From: Harald Freudenberger <freude@linux.ibm.com>
To: Herbert Xu <herbert@gondor.apana.org.au>
Cc: Eric Biggers <ebiggers@kernel.org>,
davem@davemloft.net, dengler@linux.ibm.com,
linux-s390@vger.kernel.org, linux-crypto@vger.kernel.org
Subject: Re: [PATCH v5 3/3] s390/crypto: New s390 specific protected key hash phmac
Date: Mon, 25 Nov 2024 14:00:52 +0100 [thread overview]
Message-ID: <079dc622ca9f4b6883c62025adb336b9@linux.ibm.com> (raw)
In-Reply-To: <Z0QUl_eSUwEANb4s@gondor.apana.org.au>
On 2024-11-25 07:09, Herbert Xu wrote:
> On Fri, Nov 22, 2024 at 03:34:27PM +0100, Harald Freudenberger wrote:
>>
>> +static inline int phmac_keyblob2pkey(const u8 *key, unsigned int
>> keylen,
>> + struct phmac_protkey *pk)
>> +{
>> + int i, rc = -EIO;
>> +
>> + /* try three times in case of busy card */
>> + for (i = 0; rc && i < 3; i++) {
>> + if (rc == -EBUSY && msleep_interruptible(1000))
>> + return -EINTR;
>
> You can't sleep in crypto calls in general.
>
> Now there are specific circumstances where sleeping is allowed,
> e.g., when the MAY_SLEEP flag is set, but I don't think this will
> be acceptable for your purpose.
>
> I see the same problem exists in paes_s390, which was not reviewed
> on linux-crypto.
>
> So what exactly causes the EBUSY? The 3 retries followed by failure
> seem rather dangerous too given that this could be used by the block
> layer for critical data that cannot fail.
>
> Cheers,
Well, I fear the paes implementation is similar broken. The EBUSY
is a reaction of the zcrpyt/AP bus when no eligible crypto card has
been found and a ansynchronous bus scan is running. In that case the
caller should retry in the hope that the bus scan detects a eligible
card.
Please note that the sleep only happens in in_task() context for the
paes implementation.
For the phmac implementation - didn't you suggest to wrap this with
an asynchronous hmac to be able to sleep in the wrapped synchronous
hmac?
next prev parent reply other threads:[~2024-11-25 13:01 UTC|newest]

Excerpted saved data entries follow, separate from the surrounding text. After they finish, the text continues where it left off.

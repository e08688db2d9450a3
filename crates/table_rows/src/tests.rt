//! Tables of a few words, by one caller and by two on threads of their own.
ghost use Rattle.std.specs.Prelude.{◌≡◌, ◌<◌, [], ◌∷◌, Some, length, map, slice_index, IfOk};
ghost use Rattle.linear_spec.specs.Passing.{AreEquations};
ghost use Rattle.table_rows.specs.Good.{IsNextRegion};
ghost use Rattle.table_rows.specs.Layout.{call_in, caller_in};
ghost use Rattle.table_rows.specs.Seats.{IsCallerAt, IsExchanged};
ghost use Rattle.table_rows.specs.Views.{first_founder, new_caller, width_of};
ghost use Rattle.table_rows.specs.Worked.{IsSmall, with_row};

use super::{BasisTable, CallerSeat, Exchanged, Opened, pack, unpack, words_of_basis};
use gf16::Memory;
use linear_spec::{Equations, List, SymVec, laws};
use std::alloc::Global;
use std::test::Fail;
use std::thread::join;

// Equations with no checks, for one generation.
fn no_checks(alloc: Global, k: u16, s: u16) -> Result<Equations, Memory>
    ensures equations { IfOk result AreEquations }
    ensures shape { IfOk result (λ e. (e.k ≡ k) × (e.s ≡ s) × (e.generations ≡ 1) × (e.checks ≡ 0)) }
{
    Ok(Equations {
        checks: 0,
        k,
        s,
        generations: 1,
        weights: SymVec::zeros(alloc, 0)?,
        sums: SymVec::zeros(alloc, 0)?,
    })
}

// A table for packets of two coefficients and one symbol, and for two callers.
fn small_table(alloc: Global) -> Result<Opened, Memory>
    ensures small { IfOk result (λ o. IsSmall o.table.parameters) }
    ensures founder { IfOk result (λ o. (o.founder.table ≡ o.table.table) × (o.founder.view ≡ first_founder o.table.parameters)) }
{
    let equations = no_checks(alloc, 2, 1)?;
    BasisTable::make(alloc, 0, 2, 1, 2, &equations)
}

// A record of the first caller, packet (1, 0 | 0x6162), and one of the second, packet (0, 1 | 0x6300). Each row is its packet.
const FIRST: [u64; 6] = [
    0,
    0,
    0x0001_0000_0000_0000,
    0x6162_0000_0000_0000,
    0x0001_0000_0000_0000,
    0x6162_0000_0000_0000,
];

const SECOND: [u64; 6] = [
    0x0000_0001_0000_0000,
    1,
    0x0000_0001_0000_0000,
    0x6300_0000_0000_0000,
    0x0000_0001_0000_0000,
    0x6300_0000_0000_0000,
];

// Writes the whole draft, word after word.
fn write_all(table: &BasisTable, seat: &mut CallerSeat, draft: u64, words: &[u64])
    requires seat { IsCallerAt table.now seat.old }
    requires draft { draft ≡ seat.old.view.draft }
    requires words { (length words.now ≡ width_of table.now.parameters) × (length words.now ≡ 6) }
    ensures seat { IsCallerAt table.now seat.new }
    ensures written { seat.new.view ≡ record seat.old.view { written = map Some words.now } }
{
    seat.is_caller();
    for place in 0..6 {
        table.write(seat, draft, place, words[place as usize]);
    }
}

// Reads a whole region that is known, word after word.
fn read_all(table: &BasisTable, seat: &mut CallerSeat, n: u16, region: u64, words: &mut [u64])
    requires seat { IsCallerAt table.now seat.old }
    requires known { (n < length seat.old.view.sight.front.known) × (region ≡ slice_index seat.old.view.sight.front.known n) }
    requires words { (length words.old ≡ width_of table.now.parameters) × (length words.old ≡ 6) }
    ensures seat { IsCallerAt table.now seat.new }
    ensures read { seat.new.view ≡ with_row seat.old.view n words.new }
{
    seat.is_caller();
    for place in 0..6 {
        words[place as usize] = table.read(seat, n, region, place);
    }
}

// Puts a record in, first or after the other one, and answers its position.
fn put_in(
    table: &BasisTable,
    mut seat: CallerSeat,
    draft: u64,
    mine: &[u64; 6],
    other: &[u64; 6],
) -> (u16, CallerSeat)
    requires seat { IsCallerAt table.now seat × IsSmall table.now.parameters }
    requires new { (seat.view ≡ new_caller table.now.parameters seat.view.number) × (draft ≡ seat.view.draft) }
    requires named { (caller_in mine.now ≡ seat.view.number) × (call_in mine.now ≡ 0) }
    requires first { IsNextRegion table.now.parameters [] mine.now }
    requires second { IsNextRegion table.now.parameters (other.now ∷ []) mine.now }
    ensures seat { IsCallerAt table.now result.1 × (result.1.view.number ≡ seat.view.number) }
{
    write_all(table, &mut seat, draft, mine);
    let Exchanged::Lost { region } = table.append(&mut seat, draft, 0, 0) else {
        return (0, seat);
    };
    let mut found = [0; 6];
    read_all(table, &mut seat, 0, region, &mut found);
    if found != *other {
        return (9, seat);
    }
    let Exchanged::Won = table.append(&mut seat, draft, 1, 0) else {
        return (9, seat);
    };
    (1, seat)
}

// Puts the first caller's record in.
fn put_first(table: &BasisTable, seat: CallerSeat) -> (u16, CallerSeat)
    requires seat { IsCallerAt table.now seat × IsSmall table.now.parameters }
    requires new { seat.view ≡ new_caller table.now.parameters 0 }
    ensures seat { IsCallerAt table.now result.1 × (result.1.view.number ≡ 0) }
{
    gf16::laws::field();
    laws::decision();
    laws::rows();
    put_in(table, seat, 1, &FIRST, &SECOND)
}

// Puts the second caller's record in.
fn put_second(table: &BasisTable, seat: CallerSeat) -> (u16, CallerSeat)
    requires seat { IsCallerAt table.now seat × IsSmall table.now.parameters }
    requires new { seat.view ≡ new_caller table.now.parameters 1 }
    ensures seat { IsCallerAt table.now result.1 × (result.1.view.number ≡ 1) }
{
    gf16::laws::field();
    laws::decision();
    laws::rows();
    put_in(table, seat, 2, &SECOND, &FIRST)
}

// Appends the first caller's record to a directory of which nothing is known.
fn append_first(table: &BasisTable, seat: &mut CallerSeat) -> Exchanged
    requires seat { IsCallerAt table.now seat.old × IsSmall table.now.parameters }
    requires new { seat.old.view ≡ new_caller table.now.parameters 0 }
    ensures seat { IsCallerAt table.now seat.new }
    ensures exchanged { IsExchanged (record seat.old.view { written = map Some FIRST }) seat.new.view result }
{
    gf16::laws::field();
    laws::decision();
    laws::rows();
    write_all(table, seat, 1, &FIRST);
    table.append(seat, 1, 0, 0)
}

#[test]
fn counts_the_words_of_a_basis(rt: HostRuntime) -> Result<(), Fail> {
    assert_eq!(rt; words_of_basis(2, 1, 1), 20);
    assert_eq!(rt; words_of_basis(64, 512, 8), 20_944);
    assert_eq!(rt; words_of_basis(32, 512, 4), 9_896);
    assert_eq!(rt; words_of_basis(64, 512, 4), 19_784);
    Ok(())
}

#[test]
fn packs_the_first_symbol_highest(rt: HostRuntime) -> Result<(), Fail> {
    assert_eq!(rt; pack(&[1, 2, 3, 4]), 0x0001_0002_0003_0004);
    assert_eq!(rt; pack(&[1]), 0x0001_0000_0000_0000);
    let mut symbols = [0u16; 3];
    unpack(0x0001_0002_0003_0004, &mut symbols);
    assert!(rt; symbols == [1, 2, 3]);
    Ok(())
}

#[test]
fn new_callers_find_nothing(rt: HostRuntime) -> Result<(), Fail> {
    let Opened { table, mut founder } = small_table(rt.alloc())?;
    let mut first = table.number(&mut founder);
    let mut second = table.number(&mut founder);
    table.write(&mut first, 1, 0, 7);
    assert_eq!(rt; table.look(&mut first, 0), 0);
    assert_eq!(rt; table.look(&mut second, 0), 0);
    Ok(())
}

#[test]
fn reads_back_what_it_appended(rt: HostRuntime) -> Result<(), Fail> {
    let Opened { table, mut founder } = small_table(rt.alloc())?;
    let mut seat = table.number(&mut founder);
    let Exchanged::Won = append_first(&table, &mut seat) else {
        return Err(Fail::from("the directory was empty"));
    };
    let mut words = [0; 6];
    read_all(&table, &mut seat, 0, 1, &mut words);
    assert!(rt; words == FIRST);
    assert_eq!(rt; table.look(&mut seat, 1), 0);
    Ok(())
}

#[test]
fn one_thread_wins_and_the_other_comes_next(rt: HostRuntime) -> Result<(), Fail> {
    let Opened { table, mut founder } = small_table(rt.alloc())?;
    let first = table.number(&mut founder);
    let second = table.number(&mut founder);
    let ((one, first), (two, second)) = join(
        &rt,
        || put_first(&table, first),
        || put_second(&table, second),
    );
    assert!(rt; (one == 0 && two == 1) || (one == 1 && two == 0));
    table.join_caller(&mut founder, first);
    table.join_caller(&mut founder, second);
    let mut words = List::new(rt.alloc());
    words.reserve(26)?;
    table.close(founder, &mut words);
    let words = words.as_slice();
    let directory = if one == 0 { [1, 2] } else { [2, 1] };
    assert!(rt; words.len() == 26 && words.starts_with(&directory));
    assert!(rt; &words[2..8] == FIRST.as_slice() && &words[8..14] == SECOND.as_slice());
    assert!(rt; words[14..].iter().all(|word| *word == 0));
    Ok(())
}

#[test]
fn a_note_tells_what_was_seen(rt: HostRuntime) -> Result<(), Fail> {
    let Opened { table, mut founder } = small_table(rt.alloc())?;
    let mut first = table.number(&mut founder);
    let mut second = table.number(&mut founder);
    let Exchanged::Won = append_first(&table, &mut first) else {
        return Err(Fail::from("the directory was empty"));
    };
    let note = table.note(&mut first);
    table.join_note(&mut second, note);
    assert_eq!(rt; table.read(&mut second, 0, 1, 3), FIRST[3]);
    assert_eq!(rt; table.look(&mut second, 1), 0);
    Ok(())
}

Thread overview: 7+ messages / expand[flat|nested] mbox.gz Atom feed top
2024-11-22 14:34 [PATCH v5 0/3] New s390 specific protected key hmac Harald Freudenberger
2024-11-22 14:34 ` [PATCH v5 1/3] crypto: api - Adjust HASH_MAX_DESCSIZE for s390-phmac context Harald Freudenberger
2024-11-22 14:34 ` [PATCH v5 2/3] s390/crypto: Add protected key hmac subfunctions for KMAC Harald Freudenberger
2024-11-22 14:34 ` [PATCH v5 3/3] s390/crypto: New s390 specific protected key hash phmac Harald Freudenberger
2024-11-25 6:09 ` Herbert Xu
2024-11-25 13:00 ` Harald Freudenberger [this message]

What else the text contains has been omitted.